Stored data
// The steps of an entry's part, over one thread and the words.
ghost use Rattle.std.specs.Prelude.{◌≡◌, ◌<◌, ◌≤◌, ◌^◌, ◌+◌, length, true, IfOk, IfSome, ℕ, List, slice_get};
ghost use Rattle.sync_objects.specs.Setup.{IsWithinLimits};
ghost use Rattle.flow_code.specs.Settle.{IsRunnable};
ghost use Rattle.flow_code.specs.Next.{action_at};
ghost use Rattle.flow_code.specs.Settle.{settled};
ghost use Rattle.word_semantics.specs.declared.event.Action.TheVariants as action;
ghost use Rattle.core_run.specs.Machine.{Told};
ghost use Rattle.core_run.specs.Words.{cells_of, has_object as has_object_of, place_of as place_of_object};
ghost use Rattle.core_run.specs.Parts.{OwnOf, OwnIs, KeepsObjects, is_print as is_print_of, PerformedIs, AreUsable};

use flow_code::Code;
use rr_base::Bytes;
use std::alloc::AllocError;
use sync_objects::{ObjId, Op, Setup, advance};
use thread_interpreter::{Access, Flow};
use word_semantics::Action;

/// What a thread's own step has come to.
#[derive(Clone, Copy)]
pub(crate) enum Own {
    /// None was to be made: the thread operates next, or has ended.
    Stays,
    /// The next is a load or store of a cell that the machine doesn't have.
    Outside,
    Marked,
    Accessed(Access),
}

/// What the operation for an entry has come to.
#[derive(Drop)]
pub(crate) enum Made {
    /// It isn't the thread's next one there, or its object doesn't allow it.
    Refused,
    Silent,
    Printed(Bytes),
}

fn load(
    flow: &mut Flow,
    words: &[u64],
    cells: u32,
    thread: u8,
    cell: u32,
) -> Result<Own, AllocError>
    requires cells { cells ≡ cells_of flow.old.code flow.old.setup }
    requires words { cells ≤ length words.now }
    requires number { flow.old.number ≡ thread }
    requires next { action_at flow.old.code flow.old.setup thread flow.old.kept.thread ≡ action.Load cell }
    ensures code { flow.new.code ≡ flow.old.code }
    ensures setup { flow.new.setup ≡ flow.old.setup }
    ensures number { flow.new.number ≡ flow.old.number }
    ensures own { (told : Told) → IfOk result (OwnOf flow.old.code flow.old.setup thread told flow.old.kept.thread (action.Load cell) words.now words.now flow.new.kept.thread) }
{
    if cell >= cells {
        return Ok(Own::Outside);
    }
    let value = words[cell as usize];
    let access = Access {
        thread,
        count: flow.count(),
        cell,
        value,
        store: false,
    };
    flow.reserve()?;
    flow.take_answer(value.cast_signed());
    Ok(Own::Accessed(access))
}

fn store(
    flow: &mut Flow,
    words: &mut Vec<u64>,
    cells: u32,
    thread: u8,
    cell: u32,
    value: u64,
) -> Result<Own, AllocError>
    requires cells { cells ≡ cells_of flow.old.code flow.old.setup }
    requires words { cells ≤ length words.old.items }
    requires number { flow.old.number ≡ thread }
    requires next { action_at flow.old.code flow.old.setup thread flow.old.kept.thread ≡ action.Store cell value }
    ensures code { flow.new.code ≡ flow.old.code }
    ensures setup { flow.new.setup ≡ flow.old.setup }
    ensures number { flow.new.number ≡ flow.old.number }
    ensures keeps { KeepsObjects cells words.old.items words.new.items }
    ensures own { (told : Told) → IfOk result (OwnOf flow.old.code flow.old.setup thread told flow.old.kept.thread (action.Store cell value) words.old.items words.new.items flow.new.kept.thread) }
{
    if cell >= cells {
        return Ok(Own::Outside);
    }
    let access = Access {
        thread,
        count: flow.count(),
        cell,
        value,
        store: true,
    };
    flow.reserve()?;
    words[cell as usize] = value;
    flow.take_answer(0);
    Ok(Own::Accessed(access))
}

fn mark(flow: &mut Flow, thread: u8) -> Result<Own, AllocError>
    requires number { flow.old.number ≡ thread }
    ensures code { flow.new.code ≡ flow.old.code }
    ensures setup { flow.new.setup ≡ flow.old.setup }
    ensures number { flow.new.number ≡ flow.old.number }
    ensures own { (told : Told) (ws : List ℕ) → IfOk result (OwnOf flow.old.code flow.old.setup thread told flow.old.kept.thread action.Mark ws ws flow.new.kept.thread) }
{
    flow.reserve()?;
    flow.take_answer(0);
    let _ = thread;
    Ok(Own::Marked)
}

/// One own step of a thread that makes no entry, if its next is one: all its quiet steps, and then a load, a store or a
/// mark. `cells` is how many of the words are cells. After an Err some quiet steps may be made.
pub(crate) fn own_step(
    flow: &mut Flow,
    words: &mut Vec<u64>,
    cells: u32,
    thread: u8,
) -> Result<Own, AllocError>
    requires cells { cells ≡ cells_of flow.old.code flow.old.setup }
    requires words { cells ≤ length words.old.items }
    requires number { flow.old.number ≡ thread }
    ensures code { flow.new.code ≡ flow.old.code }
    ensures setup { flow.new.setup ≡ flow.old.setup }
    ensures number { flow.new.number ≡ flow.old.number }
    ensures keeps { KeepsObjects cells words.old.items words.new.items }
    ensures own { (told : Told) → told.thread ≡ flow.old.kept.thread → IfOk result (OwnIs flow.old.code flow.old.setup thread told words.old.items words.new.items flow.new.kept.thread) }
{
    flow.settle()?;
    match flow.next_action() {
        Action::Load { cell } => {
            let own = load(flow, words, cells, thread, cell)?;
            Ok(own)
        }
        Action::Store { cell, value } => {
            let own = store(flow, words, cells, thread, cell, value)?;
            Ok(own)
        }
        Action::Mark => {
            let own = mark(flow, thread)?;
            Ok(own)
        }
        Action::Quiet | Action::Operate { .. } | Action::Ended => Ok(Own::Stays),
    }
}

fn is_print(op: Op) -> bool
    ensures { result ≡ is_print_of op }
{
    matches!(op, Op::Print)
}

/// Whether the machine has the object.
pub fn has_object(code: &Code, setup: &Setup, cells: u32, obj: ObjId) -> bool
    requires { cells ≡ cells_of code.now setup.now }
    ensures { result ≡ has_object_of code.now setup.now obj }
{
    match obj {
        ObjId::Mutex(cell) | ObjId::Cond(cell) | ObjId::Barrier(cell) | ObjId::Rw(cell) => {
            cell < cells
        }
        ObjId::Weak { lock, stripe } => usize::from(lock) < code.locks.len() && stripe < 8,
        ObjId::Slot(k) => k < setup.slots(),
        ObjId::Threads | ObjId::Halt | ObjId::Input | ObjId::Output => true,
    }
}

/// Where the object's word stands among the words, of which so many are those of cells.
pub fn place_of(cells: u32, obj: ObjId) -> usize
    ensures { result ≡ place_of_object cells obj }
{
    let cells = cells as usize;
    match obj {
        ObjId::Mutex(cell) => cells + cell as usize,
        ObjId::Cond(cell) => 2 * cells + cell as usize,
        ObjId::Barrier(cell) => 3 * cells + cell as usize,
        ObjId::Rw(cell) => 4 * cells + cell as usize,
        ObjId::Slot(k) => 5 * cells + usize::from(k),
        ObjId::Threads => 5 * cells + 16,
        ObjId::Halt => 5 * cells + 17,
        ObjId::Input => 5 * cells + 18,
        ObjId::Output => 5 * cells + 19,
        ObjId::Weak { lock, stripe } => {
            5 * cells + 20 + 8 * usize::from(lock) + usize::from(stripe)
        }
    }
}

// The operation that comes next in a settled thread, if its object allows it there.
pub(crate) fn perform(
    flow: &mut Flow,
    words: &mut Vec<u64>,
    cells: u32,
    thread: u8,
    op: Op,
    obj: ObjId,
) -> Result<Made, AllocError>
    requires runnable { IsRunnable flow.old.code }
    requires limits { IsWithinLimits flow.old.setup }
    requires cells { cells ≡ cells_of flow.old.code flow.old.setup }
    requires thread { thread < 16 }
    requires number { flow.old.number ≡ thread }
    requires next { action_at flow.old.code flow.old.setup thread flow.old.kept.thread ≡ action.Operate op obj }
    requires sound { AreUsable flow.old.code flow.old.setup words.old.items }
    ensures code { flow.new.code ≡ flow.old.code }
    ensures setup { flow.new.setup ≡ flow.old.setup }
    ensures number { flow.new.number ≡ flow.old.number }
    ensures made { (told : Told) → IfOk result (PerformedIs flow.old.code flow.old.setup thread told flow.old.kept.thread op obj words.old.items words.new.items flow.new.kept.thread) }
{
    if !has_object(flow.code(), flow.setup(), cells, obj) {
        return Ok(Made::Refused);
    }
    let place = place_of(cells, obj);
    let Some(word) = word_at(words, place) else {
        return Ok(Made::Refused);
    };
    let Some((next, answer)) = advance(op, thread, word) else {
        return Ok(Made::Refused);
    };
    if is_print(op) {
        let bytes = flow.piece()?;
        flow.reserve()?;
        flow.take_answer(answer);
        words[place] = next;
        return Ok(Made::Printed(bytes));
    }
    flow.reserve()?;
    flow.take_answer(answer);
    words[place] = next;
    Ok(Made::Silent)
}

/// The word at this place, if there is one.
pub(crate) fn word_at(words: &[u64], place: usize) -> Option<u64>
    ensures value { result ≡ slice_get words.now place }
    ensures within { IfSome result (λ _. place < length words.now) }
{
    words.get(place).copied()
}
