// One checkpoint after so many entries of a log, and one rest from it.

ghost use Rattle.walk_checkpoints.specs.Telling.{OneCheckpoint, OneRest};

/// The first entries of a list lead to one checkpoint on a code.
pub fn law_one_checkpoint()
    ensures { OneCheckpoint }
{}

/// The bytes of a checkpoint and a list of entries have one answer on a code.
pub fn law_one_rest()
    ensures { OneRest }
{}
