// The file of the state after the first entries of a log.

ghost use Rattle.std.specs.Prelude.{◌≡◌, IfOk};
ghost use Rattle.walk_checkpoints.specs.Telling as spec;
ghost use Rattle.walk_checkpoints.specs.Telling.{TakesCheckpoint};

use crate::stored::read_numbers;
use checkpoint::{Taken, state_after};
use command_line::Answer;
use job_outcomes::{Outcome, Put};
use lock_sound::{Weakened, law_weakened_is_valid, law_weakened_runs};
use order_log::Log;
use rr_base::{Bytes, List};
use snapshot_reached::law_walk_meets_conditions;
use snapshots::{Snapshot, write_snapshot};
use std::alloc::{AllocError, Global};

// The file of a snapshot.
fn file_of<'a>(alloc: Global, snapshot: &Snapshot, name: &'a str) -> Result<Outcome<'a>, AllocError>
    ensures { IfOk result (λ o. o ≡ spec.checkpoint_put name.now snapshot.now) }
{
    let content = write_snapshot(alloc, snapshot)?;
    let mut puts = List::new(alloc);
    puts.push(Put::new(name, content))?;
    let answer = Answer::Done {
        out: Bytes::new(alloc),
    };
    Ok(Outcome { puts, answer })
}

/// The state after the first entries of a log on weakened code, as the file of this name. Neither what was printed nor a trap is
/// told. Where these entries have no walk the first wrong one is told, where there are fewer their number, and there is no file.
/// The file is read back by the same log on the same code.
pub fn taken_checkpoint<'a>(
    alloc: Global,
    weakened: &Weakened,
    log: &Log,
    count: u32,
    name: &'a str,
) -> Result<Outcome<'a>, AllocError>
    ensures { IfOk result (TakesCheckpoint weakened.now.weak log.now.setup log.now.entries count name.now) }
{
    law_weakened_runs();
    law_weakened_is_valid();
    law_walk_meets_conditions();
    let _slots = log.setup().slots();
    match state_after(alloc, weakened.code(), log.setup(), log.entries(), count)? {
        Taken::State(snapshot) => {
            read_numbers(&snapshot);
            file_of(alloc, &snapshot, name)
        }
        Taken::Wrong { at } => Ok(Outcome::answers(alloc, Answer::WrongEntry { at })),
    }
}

- Assigned task -
From the data above, pick out each line containing "enum" and copy it.

- Finished task -
pub(crate) enum Own {
pub(crate) enum Made {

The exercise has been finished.